憶測が楽しい佳作|『ルーバー』感想(ネタバレ)

d0252390_11183517.jpg以下、映画を見終わってから悶々と考えていたことを列挙します。超ネタばれ&憶測です。パンフレットやらどこかの解説を見たわけでなく、かつ一度しか観ていないのが勘違いや見過ごしに起因する誤りがあるかもしれません。




『ルーバー』を観ていて、どうにも気になるところがあった。

(1)死体処理が面倒だから、過去に送って処刑するというのは、割に合わなさすぎないか?
そのためにタイム・マシンを用いるほうがコスト高だし、30年後のジョー(ブルース・ウィリス、以下ハゲ)の妻をあっさり殺害している。となれば、その死体をタイム・マシンで30年前に運んだと思われるが、だったら未来で殺して死体だけ過去に送ったほうがリスク小さくね?

じゃあ、何のために未来人を過去に送り込むのか? それが定められた歴史だからとしたら?

ここからは仮定になるが、シドがレイン・メーカーになるためには2044年に悲惨な体験をしなければならない。例えば目の前で母親が殺されるような。それは未来人の手によって引き起こされたわけだが、タイム・マシンを用いて過去を改変することで、未来に様々な変化が発生している(バタフライ・エフェクト)。何が自分の力を失わせるのかわからない、そこでレイン・メーカーは歴史を「正しく」進めるためにエイブを過去に送り込み、「ルーパー」をでっち上げさせたのだ。セルフ『ブラジルから来た少年』である。

レイン・メーカーは未来人が自分の母親を殺害することは知っている。それは、ループを閉じられなかった者の犯行であるが、誰であるかまではわからない。そこで自分の素性(生年月日+病院の番号)を伝えて過去に戻し、自分を襲わせるのだ。そのせいで自分が死ぬリスクはないのか? 最強のテレキネシスがあるので、その点については安心していたのだろう。実際、ハゲもすんなりとは殺せなかったのだから。それに過去の身柄を押さえておけば、未来人はどうとでも処理できる。

(2)ハゲがエイブを始末するシーンがなかったのは何故か?
劇中で唯一、未来人同士が邂逅する場面であり、何故カットされたのかは不明だが、観客に憶測を挟む余地を与えてくれたことに感謝したい。エイブが全てを吐露し、ルーパーの役目がレインメーカーを生み出すことにあると知らされるのだ、きっと。事切れるエイプ、躊躇うハゲ。そして決戦場へ臨む。

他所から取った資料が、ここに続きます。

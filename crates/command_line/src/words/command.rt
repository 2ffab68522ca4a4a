//! What clap is told of the command line.

ghost use Rattle.std.specs.Prelude.{◌≡◌, ◌∷◌, [], Some, IfOk, false, map};
ghost use Rattle.clap.specs.Words.{app_of, items_of, rule_of};
ghost use Rattle.clap.specs.declared.Command.TheViews.{out-Command as fields_of};
ghost use Rattle.command_line.specs.CommandLine.{app_in, optional_positional_rule, optional_rule, positional_rule, rule_in, seconds_rule, switch_rule, top_app, typetool_app, with_rules};

use super::help::{EXAMPLE, VERSION, about_of, details_of, help_of, value_name_of};
use super::table::{
    Argument, Subcommand, flags_of, id_of, name_of, paths_of, subcommands, texts_of,
};
use clap::{Arg, ArgAction, Command};
use std::alloc::{AllocError, Global};

/// The whole command line.
pub fn typetool_command<'a>(alloc: Global) -> Result<Command<'a>, AllocError>
    ensures app { IfOk result (λ command. app_of command ≡ typetool_app) }
    ensures local { IfOk result (λ command. (fields_of command).has_globals ≡ false) }
{
    let mut command = top_command(alloc);
    let all = subcommands();
    for subcommand in &all {
        let added = subcommand_command(alloc, *subcommand)?;
        command = command.subcommand(added)?;
    }
    Ok(command)
}

/// The program's name, its version and what it does. A subcommand must follow, and clap adds `help`.
fn top_command<'a>(alloc: Global) -> Command<'a>
    ensures app { app_of result ≡ top_app }
    ensures local { (fields_of result).has_globals ≡ false }
{
    Command::new(alloc, "typetool")
        .version(VERSION)
        .about("Edit and seek in terminal recordings made by script(1)")
        .after_help(EXAMPLE)
        .subcommand_required(true)
        .arg_required_else_help(true)
}

/// One subcommand, from its row of the table.
#[tactic(auto, unfolding(crate::specs::CommandLine::app_in))]
pub fn subcommand_command<'a>(
    alloc: Global,
    subcommand: Subcommand,
) -> Result<Command<'a>, AllocError>
    ensures app { IfOk result (λ command. app_of command ≡ app_in subcommand) }
    ensures local { IfOk result (λ command. (fields_of command).has_globals ≡ false) }
{
    let command = Command::new(alloc, name_of(subcommand));
    let command = with_arguments(alloc, command, flags_of(subcommand))?;
    let command = with_arguments(alloc, command, texts_of(subcommand))?;
    let command = with_arguments(alloc, command, paths_of(subcommand))?;
    Ok(
        command
            .about(about_of(subcommand))
            .after_help(details_of(subcommand)),
    )
}

/// A command with these arguments after those that it has.
fn with_arguments<'a>(
    alloc: Global,
    command: Command<'a>,
    arguments: &[Argument],
) -> Result<Command<'a>, AllocError>
    requires { (fields_of command).has_globals ≡ false }
    ensures app { IfOk result (λ more.
        app_of more ≡ with_rules (app_of command.entry) (map rule_in arguments.now)) }
    ensures local { IfOk result (λ more. (fields_of more).has_globals ≡ false) }
{
    let mut more = command;
    for argument in arguments {
        more = more.arg(arg_of(alloc, *argument))?;
    }
    Ok(more)
}

/// One argument, from its row of the table.
#[tactic(auto, unfolding(crate::specs::CommandLine::rule_in))]
fn arg_of<'a>(alloc: Global, argument: Argument) -> Arg<'a>
    ensures rule { rule_of result ≡ rule_in argument }
    ensures local { result.global ≡ false }
{
    match argument {
        Argument::At | Argument::To | Argument::CutFrom | Argument::CutTo => required_flag(
            alloc,
            id_of(argument),
            value_name_of(argument),
            help_of(argument),
        ),
        Argument::From
        | Argument::Until
        | Argument::KeptFrom
        | Argument::KeptTo
        | Argument::Every
        | Argument::Profile
        | Argument::Size
        | Argument::Title => optional_flag(
            alloc,
            id_of(argument),
            value_name_of(argument),
            help_of(argument),
        ),
        Argument::Escaped | Argument::State | Argument::Last | Argument::Headless => {
            switch(alloc, id_of(argument), help_of(argument))
        }
        Argument::ItsTiming => optional_positional(
            alloc,
            id_of(argument),
            value_name_of(argument),
            help_of(argument),
        ),
        Argument::Sought
        | Argument::Secret
        | Argument::Script
        | Argument::Timing
        | Argument::AnyTiming
        | Argument::Recording
        | Argument::Recorded
        | Argument::NewScript
        | Argument::NewTiming => positional(
            alloc,
            id_of(argument),
            value_name_of(argument),
            help_of(argument),
        ),
    }
}

/// A flag with a value that must be given.
fn required_flag<'a>(alloc: Global, id: &'a str, name: &'a str, help: &'a str) -> Arg<'a>
    ensures rule { rule_of result ≡ seconds_rule id.entry.now }
    ensures name { items_of result.val_names ≡ name.entry ∷ [] }
    ensures help { result.help ≡ Some help.entry }
    ensures local { result.global ≡ false }
{
    optional_flag(alloc, id, name, help).required(true)
}

/// A flag with a value that may be left out.
fn optional_flag<'a>(alloc: Global, id: &'a str, name: &'a str, help: &'a str) -> Arg<'a>
    ensures rule { rule_of result ≡ optional_rule id.entry.now }
    ensures name { items_of result.val_names ≡ name.entry ∷ [] }
    ensures help { result.help ≡ Some help.entry }
    ensures local { result.global ≡ false }
{
    Arg::new(alloc, id)
        .long(id)
        .value_name(name)
        .action(ArgAction::Set)
        .help(help)
}

/// A flag without a value.
fn switch<'a>(alloc: Global, id: &'a str, help: &'a str) -> Arg<'a>
    ensures rule { rule_of result ≡ switch_rule id.entry.now }
    ensures help { result.help ≡ Some help.entry }
    ensures local { result.global ≡ false }
{
    Arg::new(alloc, id)
        .long(id)
        .action(ArgAction::SetTrue)
        .help(help)
}

/// A path that may be left out.
fn optional_positional<'a>(alloc: Global, id: &'a str, name: &'a str, help: &'a str) -> Arg<'a>
    ensures rule { rule_of result ≡ optional_positional_rule id.entry.now }
    ensures name { items_of result.val_names ≡ name.entry ∷ [] }
    ensures help { result.help ≡ Some help.entry }
    ensures local { result.global ≡ false }
{
    Arg::new(alloc, id)
        .value_name(name)
        .action(ArgAction::Set)
        .help(help)
}

/// A text or a path, which must be given.
fn positional<'a>(alloc: Global, id: &'a str, name: &'a str, help: &'a str) -> Arg<'a>
    ensures rule { rule_of result ≡ positional_rule id.entry.now }
    ensures name { items_of result.val_names ≡ name.entry ∷ [] }
    ensures help { result.help ≡ Some help.entry }
    ensures local { result.global ≡ false }
{
    optional_positional(alloc, id, name, help).required(true)
}
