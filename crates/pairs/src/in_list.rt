// The numbers of pairs in a list. A last pair that is not whole is not read.
ghost use Rattle.std.specs.Prelude.{ℕ, ◌^◌, ◌/◌, ◌<◌, length, get_or};
ghost use Rattle.meaning.specs.File.{pairs_of};
ghost use Rattle.pairs.specs.InList.{list_reads};

use crate::numbers::PairNumbers;

#[derive(Clone, Copy)]
pub struct InList<'a> {
    pub numbers: &'a [u16],
    pub ghost short: { (i : ℕ) → get_or numbers.now i 0 < 65536 },
    pub ghost fits: { length numbers.now < 2 ^ 63 },
}

impl<'a> PairNumbers for InList<'a> {
    ghost number_of = { λ s i. get_or s.numbers.now i 0 };

    ghost listed = { λ s. pairs_of s.numbers.now };

    ghost whole = { λ s. length s.numbers.now / 3 };

    ghost laws = { λ s. list_reads s.numbers.now s.short s.fits };

    fn pairs(&self) -> usize {
        self.numbers.len() / 3
    }

    fn number(&self, i: usize) -> u16 {
        self.numbers[i]
    }
}
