// The pairs in runs of 16, whose numbers are tested side by side. A run that fails is not searched here.
ghost use Rattle.std.specs.Prelude.{◌≡◌, true, false, ◌+◌, ◌*◌, ◌≤◌, ◌<◌, length};
ghost use Rattle.std.proofs.Math.Option.{none};
ghost use Rattle.theory.specs.Least.{least_below};
ghost use Rattle.meaning.specs.Limits.{most_symbols};
ghost use Rattle.meaning.specs.Refusals.{bad_pair_lem};
ghost use Rattle.table.specs.Runs.{OrderedRun, AlikeRun};
ghost use Rattle.pairs.specs.Reads.{numbers_from};

use crate::numbers::PairNumbers;
use table::lanes::{LANES, RUN, lane_fault};
use table::rules::{MOST_SYMBOLS, may_follow};

// Whether the pairs of a run are in order and in their ranges. The pair before them begins at number `at`.
#[tactic(auto, using(table::proofs::Runs::or_none))]
fn in_order<N: PairNumbers>(numbers: &N, at: usize, symbols: u16) -> bool
    requires { (at + 52 ≤ 3 * N.whole numbers.now) × (2 ≤ symbols) }
    ensures { result ≡ true → OrderedRun symbols (numbers_from (N.number_of numbers.now) at) }
{
    let mut fault: u16 = 0;
    for lane in 0..LANES {
        let i = at + lane;
        fault |= lane_fault(
            lane,
            symbols,
            numbers.number(i),
            numbers.number(i + 1),
            numbers.number(i + 3),
            numbers.number(i + 4),
        );
    }
    fault == 0
}

// Whether both symbols of each pair of a run have one arity.
fn alike<N: PairNumbers>(numbers: &N, at: usize, arities: &[u8]) -> bool
    requires { (at + 52 ≤ 3 * N.whole numbers.now) × OrderedRun (length arities.now) (numbers_from (N.number_of numbers.now) at) }
    ensures { result ≡ true → AlikeRun arities.now (numbers_from (N.number_of numbers.now) at) }
{
    for j in 0..RUN {
        let i = at + 3 * (j + 1);
        let lower = numbers.number(i) as usize;
        let higher = numbers.number(i + 1) as usize;
        if arities[lower] != arities[higher] {
            return false;
        }
    }
    true
}

// So many of the runs after the first pair are good, up to one that fails, where that pair is good. (The last lane of a run looks at the pair
// behind it.)
#[tactic(auto, using(crate::proofs::Read::two_symbols))]
fn good_runs<N: PairNumbers>(arities: &[u8], numbers: &N, runs: usize) -> usize
    requires { (length arities.now ≤ most_symbols) × (16 * runs + 1 < N.whole numbers.now) × (bad_pair_lem arities.now (N.listed numbers.now) 0 ≡ false) }
    ensures { (result ≤ runs) × (least_below (16 * result + 1) (bad_pair_lem arities.now (N.listed numbers.now)) ≡ none) }
{
    let symbols = arities.len() as u16;
    for run in 0..runs {
        let at = LANES * run;
        if !in_order(numbers, at, symbols) || !alike(numbers, at, arities) {
            return run;
        }
    }
    runs
}

// So many pairs, from the first on, are good: the first one and those of the runs after it. The last pair is in no run.
pub fn good_until<N: PairNumbers>(arities: &[u8], numbers: &N, pairs: usize) -> usize
    requires { pairs ≡ N.whole numbers.now }
    ensures { (result ≤ pairs) × (least_below result (bad_pair_lem arities.now (N.listed numbers.now)) ≡ none) }
{
    if pairs < RUN + 2 || arities.len() > MOST_SYMBOLS {
        return 0;
    }
    if !may_follow(arities, 0, numbers.pair(0)) {
        return 0;
    }
    RUN * good_runs(arities, numbers, (pairs - 2) / RUN) + 1
}
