// The numbers of pairs in bytes, six to a pair, from a byte on.
ghost use Rattle.std.specs.Prelude.{ℕ, ◌+◌, ◌*◌, ◌^◌, ◌<◌, ◌≤◌, length, get_or};
ghost use Rattle.meaning.specs.File.{number, pairs_from};
ghost use Rattle.pairs.specs.InBytes.{bytes_read};

use crate::numbers::PairNumbers;
use table::number::number_at;

#[derive(Clone, Copy)]
pub struct InBytes<'a> {
    pub bytes: &'a [u8],
    pub from: usize,
    pub pairs: usize,
    pub ghost short: { (i : ℕ) → get_or bytes.now i 0 < 256 },
    pub ghost inside: { from + 6 * pairs ≤ length bytes.now },
    pub ghost fits: { length bytes.now < 2 ^ 63 },
}

impl<'a> PairNumbers for InBytes<'a> {
    ghost number_of = { λ s i. number s.bytes.now (s.from + 2 * i) };

    ghost listed = { λ s. pairs_from s.bytes.now s.from s.pairs };

    ghost whole = { λ s. s.pairs };

    ghost laws = { λ s. bytes_read s.bytes.now s.from s.pairs s.short s.inside s.fits };

    fn pairs(&self) -> usize {
        self.pairs
    }

    fn number(&self, i: usize) -> u16 {
        number_at(self.bytes, self.from + 2 * i)
    }
}
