// Pairs in a row, three numbers each: the first of them that may not be listed where it stands. They are tested in runs of 16, whose numbers are
// tested side by side (`table::lanes`); a run that fails is not searched there: from it on the pairs are tested one by one.
#![tactic(auto)]

pub mod in_bytes;
pub mod in_list;
pub mod numbers;
mod runs;

ghost use Rattle.std.specs.Prelude.{◌≡◌, ◌≤◌};
ghost use Rattle.theory.specs.Least.{least_below};
ghost use Rattle.meaning.specs.Refusals.{bad_pair_lem};
ghost use Rattle.table.specs.Keys.{key_before_lem};
ghost use Rattle.table.specs.Places.{place_in};

use crate::numbers::PairNumbers;
use crate::runs::good_until;
use table::rules::{key, may_follow};

// The key of the pair before pair k; 0 before the first.
fn key_before<N: PairNumbers>(numbers: &N, k: usize) -> u32
    requires { k ≤ N.whole numbers.now }
    ensures { result ≡ key_before_lem (N.listed numbers.now) k }
{
    if k == 0 {
        return 0;
    }
    let before = numbers.pair(k - 1);
    key(before.lower, before.higher)
}

// The first pair that may not be listed where it stands.
pub fn bad_pair<N: PairNumbers>(arities: &[u8], numbers: &N) -> Option<usize>
    ensures { least_below (N.whole numbers.now) (bad_pair_lem arities.now (N.listed numbers.now)) ≡ place_in result }
{
    let pairs = numbers.pairs();
    let good = good_until(arities, numbers, pairs);
    let mut previous = key_before(numbers, good);
    for k in good..pairs {
        let next = numbers.pair(k);
        if !may_follow(arities, previous, next) {
            return Some(k);
        }
        previous = key(next.lower, next.higher);
    }
    None
}
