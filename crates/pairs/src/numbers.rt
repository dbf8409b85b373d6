// The numbers of pairs, three to a pair, wherever they stand.
ghost use Rattle.std.specs.Prelude.{◌≡◌, List, ℕ, ◌*◌, ◌<◌};
ghost use Rattle.theory.specs.Pairs.{Pair as ListedPair};
ghost use Rattle.table.specs.Read.{pair_in};
ghost use Rattle.table.specs.Runs.{pair_of};
ghost use Rattle.pairs.specs.Reads.{Reads};

use table::read::Pair;

pub trait PairNumbers {
    // number i
    ghost number_of: { Self → ℕ → ℕ };

    // the pairs that they are
    ghost listed: { Self → List ListedPair };

    // so many of these have all three numbers
    ghost whole: { Self → ℕ };

    fn pairs(&self) -> usize
        ensures { result ≡ whole self.now };

    fn number(&self, i: usize) -> u16
        requires { i < 3 * whole self.now }
        ensures { result ≡ number_of self.now i };

    ghost laws: { (s : Self) → Reads (number_of s) (listed s) (whole s) };

    final fn pair(&self, k: usize) -> Pair
        requires { k < whole self.now }
        ensures { pair_in result ≡ pair_of (number_of self.now) k }
    {
        Pair {
            lower: self.number(3 * k),
            higher: self.number(3 * k + 1),
            degree: self.number(3 * k + 2),
        }
    }
}
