//! What references name, and parts of values.

ghost use Rattle.std.specs.Prelude.{◌≡◌, ℕ, IfOk, IfErr, IfSome, IfNone};
ghost use Rattle.limbo_types.specs.Types as types;
ghost use Rattle.limbo_types.specs.View.{view_ty};
ghost use Rattle.limbo_layout.specs.View.{view_defs};
ghost use Rattle.limbo_typed.specs.Sound.{IsSettled};
ghost use Rattle.limbo_typed.specs.View.{view_expr};
ghost use Rattle.limbo_fields.specs.Fields.{Names};
ghost use Rattle.limbo_refusals.specs.Refusals as refusals;
ghost use Rattle.limbo_refusals.specs.Refusals.{Refuses, NoneIs};
ghost use Rattle.limbo_places.specs.Targets.{Dereferences, Selects};
ghost use Rattle.limbo_places.specs.Choosing as choosing;

use crate::building::{boxed, copied, place_of, read};
use inf_text::Text;
use limbo_fields::part_of;
use limbo_forms::{is_settled, ref_of};
use limbo_layout::AdtDef;
use limbo_refusals::{ExprFault, clash_of};
use limbo_typed::{Place, PlaceNode, TExpr, TNode};
use limbo_types::{Ty, copy};
use std::alloc::{AllocError, Global};

/// `*reference`
///
/// # Errors
/// Refusal 50, and want of memory.
pub fn dereference(alloc: Global, reference: Box<TExpr>) -> Result<Box<TExpr>, ExprFault>
    // It is what the reference names.
    ensures typed { IfOk result (λ e. Dereferences (view_expr reference.value) (view_expr e.value)) }
    // Where it is refused, it names nothing.
    ensures refused { IfErr result (λ f. Refuses f (λ r. (r ≡ refusals.Clash (view_ty reference.value.ty) (view_ty reference.value.ty))
        × NoneIs (Dereferences (view_expr reference.value)))) }
{
    let Some(adt) = ref_of(&reference.ty) else {
        return Err(clash_of(alloc, &reference.ty, &reference.ty));
    };
    Ok(read(alloc, &Ty::Adt(adt), PlaceNode::Target { reference })?)
}

// A part of a value.
#[derive(Drop)]
struct Chosen {
    part: u32,
    ty: Box<Ty>,
}

// The part that a name is, where its type and that of the value are settled. Want of numbers is want of memory.
fn choose(
    alloc: Global,
    adts: &[AdtDef],
    of: &Ty,
    name: &Text,
) -> Result<Option<Chosen>, AllocError>
    ensures found { IfOk result (λ o. IfSome o (λ c. Names (view_defs adts.now) name.now (view_ty of.now) c.part (view_ty c.ty.value)
        × IsSettled (view_ty c.ty.value) × IsSettled (view_ty of.now))) }
    ensures absent { IfOk result (λ o. IfNone o ((part : ℕ) (t : types.Ty)
        → Names (view_defs adts.now) name.now (view_ty of.now) part t → IsSettled t → IsSettled (view_ty of.now) → ⊥)) }
{
    if !is_settled(of) {
        return Ok(None);
    }
    let Some(part) = part_of(adts, of, name)? else {
        return Ok(None);
    };
    if !is_settled(part.ty) {
        return Ok(None);
    }
    let Ok(number) = u32::try_from(part.number) else {
        return Err(AllocError);
    };
    Ok(Some(Chosen {
        part: number,
        ty: copied(alloc, part.ty)?,
    }))
}

// A part of a value, in the place where it stands, if it stands in one.
#[tactic(auto, using(limbo_typed::proofs::View::the_exprs))]
fn part_in(alloc: Global, whole: Box<TExpr>, part: u32, t: &Ty) -> Result<Box<TExpr>, AllocError>
    ensures { IfOk result (λ e. view_expr e.value ≡ choosing.part_in (view_expr whole.value) part (view_ty t.now)) }
{
    match place_of(whole) {
        Ok(whole) => read(alloc, t, PlaceNode::Field { whole, part }),
        Err(whole) => boxed(alloc, copy(alloc, t)?, TNode::Part { whole, part }),
    }
}

// A part of what a reference names.
#[tactic(auto, using(limbo_types::proofs::View::the_types, limbo_typed::proofs::View::the_exprs))]
fn part_of_target(
    alloc: Global,
    adt: u32,
    reference: Box<TExpr>,
    part: u32,
    t: &Ty,
) -> Result<Box<TExpr>, AllocError>
    ensures { IfOk result (λ e. view_expr e.value ≡ choosing.part_of_target adt (view_expr reference.value) part (view_ty t.now)) }
{
    let target = Place {
        ty: Ty::Adt(adt),
        at: PlaceNode::Target { reference },
    };
    let whole = Box::new(alloc, target)?;
    read(alloc, t, PlaceNode::Field { whole, part })
}

// A part of a value, or of what a reference names.
#[tactic(auto, using(limbo_typed::proofs::View::the_exprs))]
fn part_at(alloc: Global, base: Box<TExpr>, part: u32, t: &Ty) -> Result<Box<TExpr>, AllocError>
    ensures { IfOk result (λ e. view_expr e.value ≡ choosing.part_at (view_expr base.value) part (view_ty t.now)) }
{
    match ref_of(&base.ty) {
        Some(adt) => part_of_target(alloc, adt, base, part, t),
        None => part_in(alloc, base, part, t),
    }
}

/// `base.name`: a part of a tuple or of an adt's value, or of the value that a `ref` names.
///
/// # Errors
/// Refusal 50, and want of memory.
pub fn select(
    alloc: Global,
    adts: &[AdtDef],
    base: Box<TExpr>,
    name: &Text,
) -> Result<Box<TExpr>, ExprFault>
    // It is the part of that name.
    ensures typed { IfOk result (λ e. Selects (view_defs adts.now) name.now (view_expr base.value) (view_expr e.value)) }
    // Where it is refused, there is none.
    ensures refused { IfErr result (λ f. Refuses f (λ r. (r ≡ refusals.Clash (view_ty base.value.ty) (view_ty base.value.ty))
        × NoneIs (Selects (view_defs adts.now) name.now (view_expr base.value)))) }
{
    let Some(chosen) = choose(alloc, adts, &base.ty, name)? else {
        return Err(clash_of(alloc, &base.ty, &base.ty));
    };
    Ok(part_at(alloc, base, chosen.part, &chosen.ty)?)
}
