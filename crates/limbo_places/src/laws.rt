//! What holds of the definitions.

ghost use Rattle.limbo_places.specs.Laws.{OneIndex, OneSlice, OneTarget, OnePart, OneReference, OneStep};
ghost use Rattle.limbo_places.specs.Laws.{IndexesAreSound, SlicesAreSound, TargetsAreSound, PartsAreSound, ReferencesAreSound};
ghost use Rattle.limbo_places.specs.Laws.{StepsAreSound};

/// What stands at an index is one expression at most.
pub fn one_index()
    ensures { OneIndex }
{}

/// A slice is one expression at most.
pub fn one_slice()
    ensures { OneSlice }
{}

/// What a reference names is one expression at most.
pub fn one_target()
    ensures { OneTarget }
{}

/// A part is one expression at most.
pub fn one_part()
    ensures { OnePart }
{}

/// A reference to a value is one expression at most.
pub fn one_reference()
    ensures { OneReference }
{}

/// A step is one expression at most.
pub fn one_step()
    ensures { OneStep }
{}

/// Elements, characters and slices are sound where their parts are.
pub fn sound_elements()
    ensures indexes { IndexesAreSound }
    ensures slices { SlicesAreSound }
{}

/// What references name, parts and references are sound where their parts are.
pub fn sound_references()
    ensures targets { TargetsAreSound }
    ensures parts { PartsAreSound }
    ensures references { ReferencesAreSound }
{}

/// Steps are sound where the place is.
pub fn sound_steps()
    ensures { StepsAreSound }
{}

2044年のジョー(ジョセフ・ゴードン=レヴィット)にとってはこれが2回目のループであり、『シュタインズ・ゲート』風に言えば、α世界線からβ世界線へと移行する鍵を握る人物である。α世界線、即ちレイン・メーカーが生まれる未来が見えたのはきっとそのためだろう。ハゲも、母親を殺しただけではレイン・メーカーが生まれてくることを知っている。シドを殺さなければ──ここでしくじっても、タイム・マシンが完成したらもう一度ループして追いかける、くらいのことを思ったかもしれない。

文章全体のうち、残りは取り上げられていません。